Quito: indigene, combattenti, donne
Blanca Chancosa, col suo foulard bianco
arrotolato sulla faccia color terra di ferro e i suoi grembiuli a
cipolla trafitti da bagliori colorati, di stampo indio-castigliano,
l’avevamo conosciuta a Caracas, protagonista del Festival Mondiale
della Gioventù.
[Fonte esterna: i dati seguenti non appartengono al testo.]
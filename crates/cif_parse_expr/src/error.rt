//! Why nothing is read from the front of a list of tokens.

ghost use Rattle.std.specs.Prelude.{◌≡◌};
ghost use Rattle.cif_parse_expr.specs.declared.error.ReadError.TheVariants as reason;

use cif_base::Memory;
use std::alloc::{AllocError, AllocFailed};

/// Why nothing is read.
#[derive(Clone, Copy, Debug, PartialEq, Eq)]
pub enum ReadError {
    Memory,
    /// The token that has so many tokens from it on, itself among them, can't be there; 0 at the end.
    NotRead(usize),
    /// What is read nests too deep.
    TooDeep,
}

impl From<Memory> for ReadError {
    ghost from_gives = { λ _ e. e ≡ reason.Memory };

    fn from(_error: Memory) -> ReadError {
        ReadError::Memory
    }
}

impl From<AllocError> for ReadError {
    ghost from_gives = { λ _ e. e ≡ reason.Memory };

    fn from(_error: AllocError) -> ReadError {
        ReadError::Memory
    }
}

impl<T: Drop> From<AllocFailed<T>> for ReadError {
    ghost from_gives = { λ _ e. e ≡ reason.Memory };

    fn from(_error: AllocFailed<T>) -> ReadError {
        ReadError::Memory
    }
}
Anima e testa del movimento indigeno, e non solo di
quello femminile che sta facendo saltare una secolare scorza di
doppia repressione, etnico-politica e di genere, ci aveva
indirizzato alle donne dell’Ecuarunari, ala andina della
grande Conaie (Confederacion de Pueblos de
la
Nacionalidad Indigena de Ecuador), il movimento indigeno protagonista
delle grandiose eversioni anticolonialiste ed antioligarchiche, fino
alla crisi del tradimento di Lucio Gutierrez, falso indio
cripto-biancoyankee. Un’autentica avanguardia politica e sociale
dell’America Latina. E’ in vetta a una vertiginosa scalinata che
porta a uno dei sette colli di Quito, dentro a una scuola in corso
di recupero “spontaneo”, che si svolge l’assemblea delle donne
Quetchua, ultimi germogli degli Inca e, oggi, i più fecondi, dopo
una gelata durata cinque secoli.
Il tema è la scuola, l’alfabetizzazione, ma
prima, per tutti, ospiti stranieri compresi, la ciotola di riso col
sugo di ovino e le zucchine bollite. Sono le donne che, uscite da un
buio assoluto, fattesi luce da sole, da quasi dieci anni sono le
protagoniste di una rinascita che ha visto venire e rapidamente
sparire dieci presidenti, travolti da una forza di popolo che le
donne hanno raddoppiato e dotato di superiore tenuta. Il tradimento
del cialtrone Gutierrez, che si voleva aquila ed era un pollo
spennacchiato delle multinazionali petrolifere
ibero-brasiliano-italo-statunitensi, aveva tagliato le gambe al
movimento, pareva averlo messo ai margini. Ma non resta ai margini a
lungo chi ha sviluppato conoscenza buona e coscienza giusta. Le
donne si alternano nelle richieste, nelle proposte, nel suggerimento
del metodo. Sono cariche dello specifico femminile, come non
potrebbe esserlo la più accesa delle conventicole ultrà nostrane, ma
superano quest’ultime, ci sembra, per complessità e globalità della
percezione delle contraddizioni: capitalismo=razzismo=maschilismo,
in quest’ordine. E in quest,’ordine vedono la lotta:”Prima dobbiamo
debellare il neoliberismo, matrice di tutte le frammentazioni e
opposizioni in seno al popolo, poi ce la vedremo con i nostri
uomini. Questa è la fase dell’unità”, ribadisce Blanca. E dunque,
per prima cosa, via
la base Usa di Manta, neoplasia imperial-terrorista nel
cuore del paese, come ha promesso Rafael Correa, appena strepitoso
vincitore all’80% del referendum sulla costituente per un Ecuador
da “Socialismo del XXI Secolo”.
Sono poche quelle che non hanno perso un pezzo
del proprio contesto di sangue nella fuga da un paese tanto ricco,
quanto ladrone, con l’80% sotto il livello della povertà, proprio
quegli 8 su 10 ecuadoriani che hanno fatto trionfare la costituente
bolivariana. Otto su dieci, sopravvissuti a ignoranza, esclusione e
fame, alla morte in mare di quei 108 “clandestini” annegati al
largo delle Galapagos, mentre vogavano verso chi li avrebbe mandati
a farsi macellare nelle sue guerre antiproletarie permanenti. Queste
donne consapevoli, affettuose e orgogliose, che mettono lettura e
scrittura a priorità assoluta, hanno una mappa con mille punti
rossi: le scuole – materne, asili, elementari, medie, superiori –
che pretenderanno Rafael costruisca e la Costituente imponga come
principio primo della vita nazionale. Mai più ignorare chi sei, da
dove vieni, dove vuoi andare, chi ti vuole fermare.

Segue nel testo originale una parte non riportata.